You can adjust the screen gain to aid visualization, it will not affect the downstream analysis. In the pop-up, press okay to initiate tracking analysis. Monitor the analysis progress by clicking on the analysis in single analysis tab.
Once the analysis is finished, look for an export settings prompt to appear. Confirm that the include PDF and include experiment summary is selected. Select any other export formats as desired.
In the results section of the PDF data export, to ensure the concentration measured is reliable, verify that the measured carrier concentration is between 1x10 to the seventh and 1x10 to the ninth carriers per milliliter and check for any error messages or messages of caution underneath the concentration measurement result. Repeat the procedure two or more times with different dilutions from the stock, and ensure that each sample's concentration falls within the instrument's linear range. Calculate the stock carrier concentration as described in the text manuscript.
Prepare the free or antibody conjugated fluorochrome solution as described in the text manuscript. Calculate the concentration of the stock solution from the concentration, the molecular weight, and Avogadro's number as shown in the equation. Then perform a serial dilution of the dye in the carrier diluent to generate standard curve samples.
Then add the carrier sample to the measurement plate and measure fluorescence using a microplate reader. Generate the standard curve as described in the text manuscript. Calculate the absolute fluorescence intensity per carrier by dividing the bulk fluorescence by the carrier concentration.
Set up the flow cytometer for the final carrier cell experiment by determining optimal PMT voltage settings in the relevant channels. Run a negative control sample where the cells are not incubated with carriers to determine the background fluorescence.

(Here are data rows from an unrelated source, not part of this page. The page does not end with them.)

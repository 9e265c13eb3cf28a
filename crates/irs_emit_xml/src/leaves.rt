//! The leaves of cash flows as elements: dates, numbers and currencies. A date is `YYYY-MM-DD`. An
//! amount has the currency's decimals, a notional 4, a rate 9 and a fraction 10.
ghost use Rattle.std.specs.Prelude.{◌≡◌, ◌++◌, ◌≤◌, ◌<◌, ◌<ℤ◌, ◌*ℤ◌, ◌^◌, IfSome, OnOk, pos, unsigned_abs};
ghost use Rattle.irs_base.specs.Texts.{most_places};
ghost use Rattle.irs_emit_xml.specs.Flows.{amount_node, count_node, currency_node, day_node, fraction_node, known};
ghost use Rattle.irs_emit_xml.specs.Flows.{notional_node, number_node, rate_node};
ghost use Rattle.irs_emit_xml.specs.Private.Flows.{lines};
ghost use Rattle.irs_emit_xml.specs.Trees.{node_text};
ghost use Rattle.irs_schedule.specs.RowsOf.{IsFew};

use crate::writer::leaf;
use irs_base::{Day, Dec, Direction, Line, Memory, day_digits, round};
use irs_terms::{Currency, Frac};

/// The decimals of a notional.
const NOTIONAL_PLACES: u8 = 4;

/// The decimals of a rate.
const RATE_PLACES: u8 = 9;

/// The decimals of a fraction.
const FRACTION_PLACES: u8 = 10;

/// A date.
pub(crate) fn day(out: &mut Vec<u8>, level: u8, name: &str, d: Day) -> Result<(), Memory>
    ensures { OnOk result (out.new.items ≡ out.old.items ++ node_text level (day_node name.now d)) }
{
    leaf(out, level, name, &day_digits(d))
}

// A number of units of 10^-places, with that many decimals.
#[tactic(auto, using(irs_base::proofs::TextLengths::length_dec, irs_base::proofs::TextLengths::small_abs))]
fn number(out: &mut Vec<u8>, level: u8, name: &str, units: i128, places: u8) -> Result<(), Memory>
    requires { places ≤ most_places }
    ensures { OnOk result (out.new.items ≡ out.old.items ++ node_text level (number_node name.now units places)) }
{
    let mut line = Line::new();
    line.push_dec(Dec { units, places });
    leaf(out, level, name, line.bytes())
}

/// An amount, with the currency's decimals.
pub(crate) fn amount(out: &mut Vec<u8>, level: u8, name: &str, v: Dec) -> Result<(), Memory>
    requires { v.places ≤ most_places }
    ensures { OnOk result (out.new.items ≡ out.old.items ++ node_text level (amount_node name.now v)) }
{
    number(out, level, name, v.units, v.places)
}

/// A notional in units of 10^-4.
pub(crate) fn notional(out: &mut Vec<u8>, level: u8, name: &str, units: i128) -> Result<(), Memory>
    ensures { OnOk result (out.new.items ≡ out.old.items ++ node_text level (notional_node name.now units)) }
{
    number(out, level, name, units, NOTIONAL_PLACES)
}

/// A rate in units of 10^-9.
pub(crate) fn rate(out: &mut Vec<u8>, level: u8, name: &str, units: i64) -> Result<(), Memory>
    ensures { OnOk result (out.new.items ≡ out.old.items ++ node_text level (rate_node name.now units)) }
{
    number(out, level, name, i128::from(units), RATE_PLACES)
}

// A numerator in units of 10^-10.
fn scaled(num: i64) -> i128
    ensures value { result ≡ num *ℤ pos (10 ^ 10) }
    ensures size { unsigned_abs result < 2 ^ 100 }
{
    i128::from(num) * 10_000_000_000
}

/// A fraction to 10 decimals, a half going up.
pub(crate) fn fraction(out: &mut Vec<u8>, level: u8, name: &str, f: Frac) -> Result<(), Memory>
    requires { pos 0 <ℤ f.den }
    ensures { OnOk result (out.new.items ≡ out.old.items ++ node_text level (fraction_node name.now f)) }
{
    let units = round(Direction::Nearest, scaled(f.num), i128::from(f.den));
    number(out, level, name, units, FRACTION_PLACES)
}

/// A whole number, as a number of days.
#[tactic(auto, using(irs_base::proofs::TextLengths::length_signed, irs_base::proofs::TextLengths::small_abs))]
pub(crate) fn count(out: &mut Vec<u8>, level: u8, name: &str, n: i64) -> Result<(), Memory>
    ensures { OnOk result (out.new.items ≡ out.old.items ++ node_text level (count_node name.now n)) }
{
    let mut line = Line::new();
    line.push_whole(i128::from(n));
    leaf(out, level, name, line.bytes())
}

/// A currency, by its letters.
pub(crate) fn currency(out: &mut Vec<u8>, level: u8, name: &str, c: Currency) -> Result<(), Memory>
    ensures { OnOk result (out.new.items ≡ out.old.items ++ node_text level (currency_node name.now c)) }
{
    leaf(out, level, name, &c.letters)
}

/// An amount, where it is known.
pub(crate) fn known_amount(
    out: &mut Vec<u8>,
    level: u8,
    name: &str,
    v: Option<Dec>,
) -> Result<(), Memory>
    requires { IfSome v IsFew }
    ensures { OnOk result (out.new.items ≡ out.old.items ++ lines level (known (amount_node name.now) v)) }
{
    match v {
        Some(v) => {
            amount(out, level, name, v)?;
            Ok(())
        },
        None => Ok(()),
    }
}

/// A rate, where it is known.
pub(crate) fn known_rate(
    out: &mut Vec<u8>,
    level: u8,
    name: &str,
    units: Option<i64>,
) -> Result<(), Memory>
    ensures { OnOk result (out.new.items ≡ out.old.items ++ lines level (known (rate_node name.now) units)) }
{
    match units {
        Some(units) => {
            rate(out, level, name, units)?;
            Ok(())
        },
        None => Ok(()),
    }
}
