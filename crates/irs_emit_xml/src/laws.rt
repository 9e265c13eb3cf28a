//! Laws: what is written of elements is read as their value.
ghost use Rattle.std.specs.Prelude.{ℕ, List};
ghost use Rattle.irs_emit_xml.specs.Trees.{IsRoot, Nodes, written_text, written_value};
ghost use Rattle.irs_xml.specs.Document.{XmlReads};

/// The text of a root and its elements is a document in XML that means their value. The root may nest
/// 63 levels. The function does nothing; its contract is the law.
#[tactic(auto, using(crate::proofs::ReadBack::written_reads))]
pub fn written_is_read()
    ensures { (name : List ℕ) (ns : Nodes) → IsRoot name ns → XmlReads (written_text name ns) (written_value name ns) }
{}
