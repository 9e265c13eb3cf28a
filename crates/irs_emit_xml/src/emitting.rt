//! The document: the streams of a schedule with their cash flows, in FpML's elements.
ghost use Rattle.std.specs.Prelude.{◌≡◌, ◌++◌, ◌-◌, ◌≤◌, IfOk, OnOk, map};
ghost use Rattle.irs_emit.specs.Emitted.{emit_value};
ghost use Rattle.irs_emit.specs.Private.Texts.{IsPaid};
ghost use Rattle.irs_emit_xml.specs.Flows.{cashflows_node, exchange_node, flows_text, one_period_nodes, payment_node};
ghost use Rattle.irs_emit_xml.specs.Flows.{period_nodes, stream_node, StatesInXml};
ghost use Rattle.irs_emit_xml.specs.Private.Flows.{lines};
ghost use Rattle.irs_emit_xml.specs.Trees.{ones, node_text};
ghost use Rattle.irs_xml.specs.Document.{XmlReads};

use crate::leaves::day;
use crate::rows::{exchange, forecast, period};
use crate::writer::{begin, close_tag, leaf, open_tag};
use irs_base::Memory;
use irs_schedule::{PaymentEntry, Schedule, StreamPart};
use std::alloc::Global;

/// The level of the root.
const ROOT: u8 = 0;

/// The level of a stream.
const STREAM: u8 = 1;

/// The level of the cash flows of a stream.
const CASHFLOWS: u8 = 2;

/// The level of a payment.
const PAYMENT: u8 = 3;

// The principal exchanges.
fn exchanges(out: &mut Vec<u8>, part: &StreamPart) -> Result<(), Memory>
    ensures { OnOk result (out.new.items ≡ out.old.items ++ lines 3 (map exchange_node part.now.exchanges)) }
{
    let rows = part.exchanges();
    for j in 0..rows.len() {
        exchange(out, &rows[j])?;
    }
    Ok(())
}

// The calculation period at a place, counted from 0, if there is one.
#[tactic(auto, using(irs_emit::proofs::Bounds::period_above))]
fn one_period(out: &mut Vec<u8>, part: &StreamPart, place: usize) -> Result<(), Memory>
    ensures { OnOk result (out.new.items ≡ out.old.items ++ lines 4 (one_period_nodes part.now place)) }
{
    match part.period(place) {
        None => Ok(()),
        Some(x) => {
            period(out, &x, part.resets().get(place))?;
            Ok(())
        },
    }
}

// The calculation periods from a place up to another, counted from 0.
fn periods(out: &mut Vec<u8>, part: &StreamPart, first: usize, last: usize) -> Result<(), Memory>
    requires { first ≤ last }
    ensures { OnOk result (out.new.items ≡ out.old.items ++ lines 4 (period_nodes part.now first (last - first))) }
{
    for place in first..last {
        one_period(out, part, place)?;
    }
    Ok(())
}

// A payment, with the calculation periods that it pays.
#[tactic(auto, unfolding(crate::specs::Flows::payment_node))]
fn payment(out: &mut Vec<u8>, part: &StreamPart, y: &PaymentEntry) -> Result<(), Memory>
    requires { IsPaid y.now }
    ensures { OnOk result (out.new.items ≡ out.old.items ++ node_text 3 (payment_node part.now y.now)) }
{
    let first = y.first_period as usize - 1;
    let last = y.last_period as usize;
    open_tag(out, PAYMENT, "paymentCalculationPeriod")?;
    day(out, PAYMENT + 1, "unadjustedPaymentDate", y.unadjusted)?;
    day(out, PAYMENT + 1, "adjustedPaymentDate", y.adjusted)?;
    periods(out, part, first, last)?;
    forecast(out, part.currency(), y)?;
    close_tag(out, PAYMENT, "paymentCalculationPeriod")?;
    Ok(())
}

// The payments.
fn payments(out: &mut Vec<u8>, part: &StreamPart) -> Result<(), Memory>
    ensures { OnOk result (out.new.items ≡ out.old.items ++ lines 3 (map (payment_node part.now) part.now.payments)) }
{
    let paid = part.payments();
    for j in 0..paid.len() {
        payment(out, part, &paid[j])?;
    }
    Ok(())
}

// The `cashflows` of a stream.
#[tactic(auto, unfolding(crate::specs::Flows::cashflows_node))]
fn cashflows(out: &mut Vec<u8>, part: &StreamPart) -> Result<(), Memory>
    ensures { OnOk result (out.new.items ≡ out.old.items ++ node_text 2 (cashflows_node part.now)) }
{
    open_tag(out, CASHFLOWS, "cashflows")?;
    leaf(out, CASHFLOWS + 1, "cashflowsMatchParameters", b"true")?;
    exchanges(out, part)?;
    payments(out, part)?;
    close_tag(out, CASHFLOWS, "cashflows")?;
    Ok(())
}

// A stream: its cash flows alone.
#[tactic(auto, unfolding(crate::specs::Flows::stream_node))]
fn stream(out: &mut Vec<u8>, part: &StreamPart) -> Result<(), Memory>
    ensures { OnOk result (out.new.items ≡ out.old.items ++ node_text 1 (stream_node part.now)) }
{
    open_tag(out, STREAM, "swapStream")?;
    cashflows(out, part)?;
    close_tag(out, STREAM, "swapStream")?;
    Ok(())
}

// The streams.
fn streams(out: &mut Vec<u8>, parts: &[StreamPart]) -> Result<(), Memory>
    ensures { OnOk result (out.new.items ≡ out.old.items ++ lines 1 (map stream_node parts.now)) }
{
    for j in 0..parts.len() {
        stream(out, &parts[j])?;
    }
    Ok(())
}

/// The cash flows of a schedule as a document in XML. In its root `swap` each stream has its
/// `cashflows` (FpML `cashflows` of an InterestRateStream). Elements are in the order of FpML's schema.
/// There is one for each field that the schedule knows, and no other. A date is `YYYY-MM-DD`, and an
/// amount has the decimals of its currency. A notional has 4 decimals, a rate 9 and a fraction 10,
/// rounded to the nearest. Read as XML the document means what `emit_flows` of irs_emit writes as
/// JSON, where each array of one value is that value. `Memory` comes where memory runs out. The
/// layout is ours.
pub fn emit_xml(alloc: Global, s: &Schedule) -> Result<Vec<u8>, Memory>
    ensures text { IfOk result (λ bytes. bytes.items ≡ flows_text s.now) }
    ensures reads { IfOk result (λ bytes. XmlReads bytes.items (ones (emit_value s.now))) }
    ensures states { IfOk result (λ bytes. StatesInXml bytes.items s.now) }
{
    let mut out = Vec::new(alloc);
    begin(&mut out, "swap")?;
    streams(&mut out, s.streams())?;
    close_tag(&mut out, ROOT, "swap")?;
    Ok(out)
}
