//! Cash flows in FpML's elements, as a document in XML: what a schedule's cash flows are in JSON, for those
//! who read FpML itself.
#![tactic(auto)]

mod emitting;
mod laws;
mod leaves;
mod rows;
#[cfg(test)]
mod tests;
mod writer;

pub use emitting::emit_xml;
pub use laws::written_is_read;
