// The rules of document 01 and the theorem of demand 3: definitions in specs/, proofs in proofs/, no code.
#![tactic(auto)]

Prepare and re-suspend the flow cytometry quantitation beads.
Use the same buffer as used for the cell samples. If the bead populations are provided separately, pull them together. Run the flow cytometry quantitation bead and the carrier cell samples to determine the fluorescence intensity per cell.
Run the flow cytometer quantitation beads to generate a standard curve, converting the absolute fluorescent intensity into MFI. Use this to calculate the theoretical MFI of the carriers as described in the text manuscript. Run the cell carrier samples to determine the fluorescent intensity per cell of each sample.
Finally, calculate the number of carriers per cell for each sample by subtracting the background fluorescence from the measured fluorescence of the sample, and then dividing by the fluorescence per particle. For 633 nanometer Polymethacrylic acid core shell particles, the concentration and fluorescent intensity per carrier were directly quantifiable using the cytometer stream. In contrast, 100 nanometer super paramagnetic iron oxide nanoparticles were too small to detect individually and were analyzed using the bulk stream.
Labeled quantitation beads were used on multiple days to generate standard curves on a flow cytometer. The correlation between the measured MFI and the MESF value of the quantitation beads was linear and broadly similar between the measured dates. Time course experiments using fluorescent labeled HeLa cells with 235 nanometer polymethacrylic acid capsules from zero to 24 hours showed an increase in the MFI over time, indicating the capsules were associating with HeLa cells.
The difference in the apparent cellular response to carriers was stark, depending on relative or absolute quantification. The absolute quantification was independent of labeling intensity and thus more comparable. These techniques are the foundation for deeper analysis and comparison of particle performance.
We're excited about using these techniques to parameterize mathematical models which will allow us to characterize particle performance independent of any particular experiment.